Prostitutes working on the edge of the city in East London have recently been subject to a concerted campaign of abuse from the police, the local press and vigilantes. Some of the women are as young as thirteen, many are care leavers and work to support drug habits. Police harassment of prostitutes is nothing new, and the women believe that the latest round of arrests were made in revenge for the arrests of local officers found using the services of local working girls.

Submitted by Fozzie on August 22, 2020

However the activity of vigilantes in the area has become a very real danger to the women. Many have been hounded out of the more middle class traditional red light districts in North London and taken to working in the no-man's land where the city meets the slums of the East End. The area has a large Bangladeshi population and is home to the two main mosques that serve the local community. Community 'leaders' have been petitioning the police, councillors and the press in an attempt to 'clean up the area'. It is no coincidence that this is happening at the same time as the local council are trying to sell the area to business and tourists as a Bengali equivalent of Chinatown - Banglatown - a project that has met with a less than enthusiastic welcome from the local Asian community who do not relish the prospect of becoming a shallow tourist attraction.

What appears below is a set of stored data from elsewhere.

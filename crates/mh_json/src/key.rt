//! Keys into a JSON value.
ghost use Rattle.std.specs.Prelude.{◌≡◌, option_map};
ghost use Rattle.serde_json.specs.View.{view};
ghost use Rattle.mh_json.specs.Keys.{child, field_name};

use serde_json::Value;

/// A key of an object in an input.
#[derive(Clone, Copy, Debug, PartialEq, Eq)]
pub enum Field {
    Charge,
    Charges,
    Cost,
    Costs,
    Definition,
    Eligible,
    Events,
    Flow,
    Gain,
    History,
    Key,
    Ledger,
    Level,
    Limits,
    Links,
    Name,
    Needs,
    Plan,
    Points,
    Problem,
    Shared,
    Sites,
    Target,
    Total,
    Type,
    Value,
    Version,
    Weight,
    When,
    Workers,
}

impl Field {
    /// Returns the key as text.
    pub fn name(self) -> &'static str
        ensures value { result.now ≡ field_name self }
    {
        match self {
            Field::Charge => "charge",
            Field::Charges => "charges",
            Field::Cost => "cost",
            Field::Costs => "costs",
            Field::Definition => "definition",
            Field::Eligible => "eligible",
            Field::Events => "events",
            Field::Flow => "flow",
            Field::Gain => "gain",
            Field::History => "history",
            Field::Key => "key",
            Field::Ledger => "ledger",
            Field::Level => "level",
            Field::Limits => "limits",
            Field::Links => "links",
            Field::Name => "name",
            Field::Needs => "needs",
            Field::Plan => "plan",
            Field::Points => "points",
            Field::Problem => "problem",
            Field::Shared => "shared",
            Field::Sites => "sites",
            Field::Target => "target",
            Field::Total => "total",
            Field::Type => "type",
            Field::Value => "value",
            Field::Version => "version",
            Field::Weight => "weight",
            Field::When => "when",
            Field::Workers => "workers",
        }
    }
}

/// A step into a JSON value.
#[derive(Clone, Copy, Debug, PartialEq, Eq)]
pub enum Key {
    /// The member of an object at this key.
    Member(Field),
    /// The item of an array at this index, counted from 0.
    Item(usize),
}

impl Key {
    /// Returns the part of a value at this step.
    pub fn find(self, value: &Value) -> Option<&Value>
        ensures value { option_map (λ v. view v.now) result ≡ child self (view value.now) }
    {
        match self {
            Key::Member(field) => value.get(field.name()),
            Key::Item(number) => value.get(number),
        }
    }
}
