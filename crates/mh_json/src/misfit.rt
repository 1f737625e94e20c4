//! Faults of definitions and problems, as faults of the JSON that they were read from.
ghost use Rattle.std.specs.Prelude.{◌≡◌, ◌⊎◌, ◌++◌};
ghost use Rattle.mh_json.specs.declared.fault.InputFault.TheVariants.{NoMemory};
ghost use Rattle.mh_json.specs.Misfits.{keys_of_link, keys_of_point, keys_of_site, of_misfit, of_problem_misfit};
ghost use Rattle.mh_json.specs.Misreads.{behind};
ghost use Rattle.mh_json.specs.declared.key.Key.TheVariants.{Item, Member};

use crate::fault::InputFault;
use crate::key::{Field, Key};
use crate::misread::Misread;
use mh_network::{ProblemMisfit, ProblemPlace};
use mh_site::{DefinitionMisfit, DefinitionPlace, LinkPart, PointPart, SitePart};
use std::alloc::Global;

/// Places a fault at an item of the list at a key.
fn at_item(alloc: Global, misread: Misread, field: Field, item: usize) -> Misread
    ensures value { (result.fault ≡ NoMemory)
        ⊎ (result ≡ behind (Member field) (behind (Item item) misread)) }
{
    let item = misread.behind(alloc, Key::Item(item));
    item.behind(alloc, Key::Member(field))
}

/// Places a fault at a part of a point.
fn of_point(alloc: Global, misread: Misread, part: PointPart) -> Misread
    ensures value { (result.fault ≡ NoMemory) ⊎ (result ≡ record {
      fault = misread.fault;
      path = keys_of_point part ++ misread.path;
    }) }
{
    match part {
        PointPart::Whole => misread,
        PointPart::Name => misread.behind(alloc, Key::Member(Field::Name)),
        PointPart::Cost => misread.behind(alloc, Key::Member(Field::Cost)),
    }
}

/// Places a fault at a part of a site.
fn of_site(alloc: Global, misread: Misread, part: SitePart) -> Misread
    ensures value { (result.fault ≡ NoMemory) ⊎ (result ≡ record {
      fault = misread.fault;
      path = keys_of_site part ++ misread.path;
    }) }
{
    let field = match part {
        SitePart::Whole => return misread,
        SitePart::Name => Field::Name,
        SitePart::Level => Field::Level,
        SitePart::Key => Field::Key,
        SitePart::Target => Field::Target,
        SitePart::Links => Field::Links,
    };
    misread.behind(alloc, Key::Member(field))
}

/// Places a fault at a part of a link.
fn of_link(alloc: Global, misread: Misread, part: LinkPart) -> Misread
    ensures value { (result.fault ≡ NoMemory) ⊎ (result ≡ record {
      fault = misread.fault;
      path = keys_of_link part ++ misread.path;
    }) }
{
    let field = match part {
        LinkPart::Whole => return misread,
        LinkPart::When => Field::When,
        LinkPart::Weight => Field::Weight,
        LinkPart::Charge => Field::Charge,
        LinkPart::Needs => Field::Needs,
    };
    misread.behind(alloc, Key::Member(field))
}

/// Returns the fault of a definition, with the keys that lead to its place.
pub(crate) fn misread_of_misfit(alloc: Global, misfit: DefinitionMisfit) -> Misread
    ensures value { (result.fault ≡ NoMemory) ⊎ (result ≡ of_misfit misfit) }
{
    let misread = Misread::of(InputFault::from(misfit.fault));
    match misfit.place {
        DefinitionPlace::Whole => misread,
        DefinitionPlace::Points => misread.behind(alloc, Key::Member(Field::Points)),
        DefinitionPlace::Sites => misread.behind(alloc, Key::Member(Field::Sites)),
        DefinitionPlace::Point { point, part } => {
            at_item(alloc, of_point(alloc, misread, part), Field::Points, point)
        }
        DefinitionPlace::Site { site, part } => {
            at_item(alloc, of_site(alloc, misread, part), Field::Sites, site)
        }
        DefinitionPlace::Link { site, link, part } => {
            let link = at_item(alloc, of_link(alloc, misread, part), Field::Links, link);
            at_item(alloc, link, Field::Sites, site)
        }
    }
}

/// Returns the fault of a problem, with the keys that lead to its place.
pub(crate) fn misread_of_problem(alloc: Global, misfit: ProblemMisfit) -> Misread
    ensures value { (result.fault ≡ NoMemory) ⊎ (result ≡ of_problem_misfit misfit) }
{
    let misread = Misread::of(InputFault::from(misfit.fault));
    match misfit.place {
        ProblemPlace::Whole => misread,
        ProblemPlace::Links => misread.behind(alloc, Key::Member(Field::Links)),
        ProblemPlace::Points => misread.behind(alloc, Key::Member(Field::Costs)),
        ProblemPlace::Needs(link) => {
            let needs = misread.behind(alloc, Key::Member(Field::Needs));
            at_item(alloc, needs, Field::Links, link)
        }
    }
}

The city is encroaching on the area at an alarming rate - Hoxton has been yuppified beyond recognition by artists and designers and Spitalflelds market is about to be sold to developers and turned into a Futures market.

The area is extremely impoverished and has been home to gangs of youths for a long time. it seems that the campaign against the working girls has provided an outlet for violence that could just have easily been directed against any other group single out as scapegoats. Women are being chased by gangs with baseball bats, beaten up, having bottles thrown at them and being hounded out of their homes while the local press is awash with articles about 'tarts touting their torrid trade.'

In contrast the city gents, police officers and councillors who use their services are being left alone. So are the pimps - who similarly are not averse to beating the women who feed them when they've failed to bring in enough money.

A local group is working with the women to try and combat some of the dangers they face. The group provide condoms, hot drinks and food one evening a week and a legal advice service. The work is not funded and is run by volunteers. The group seems to make a difference in that women can, at least, access help with housing, benefits, healthcare and legal representation. But legal representation is next to useless when women are too scared or cynical to report attacks and when the police are at best indifferent. However the work often goes beyond this; bundling women into cars to get them away from vigilantes, violent pimps or cops, providing shelter when women cannot go home for the night or even getting women out of London for their safety. Volunteers have been followed home, had their homes burgled and graffittied and been subject to attacks themselves. They have also attended local meetings to try and put forward the prostitutes' case.

Since the group's involvement the women have started talking about setting up a local union. There are also plans to set up a safe house - something that is desperately needed. Such a project, necessarily, would have to be independent of and secret from any state body such as social services-many of the women have fled social services 'care' and are hardly likely to want to return to it. It seems that women working as prostitutes on the streets will continue to be subject to high levels of violence as long as pimps control their business and 'soliciting' remains illegal. Where more powerful interests such as big business and yuppification are involved, the risks are even higher as women become scapegoats in lo-cal "clean up campaigns". The ultimate question has to be - cleaning up the streets for who?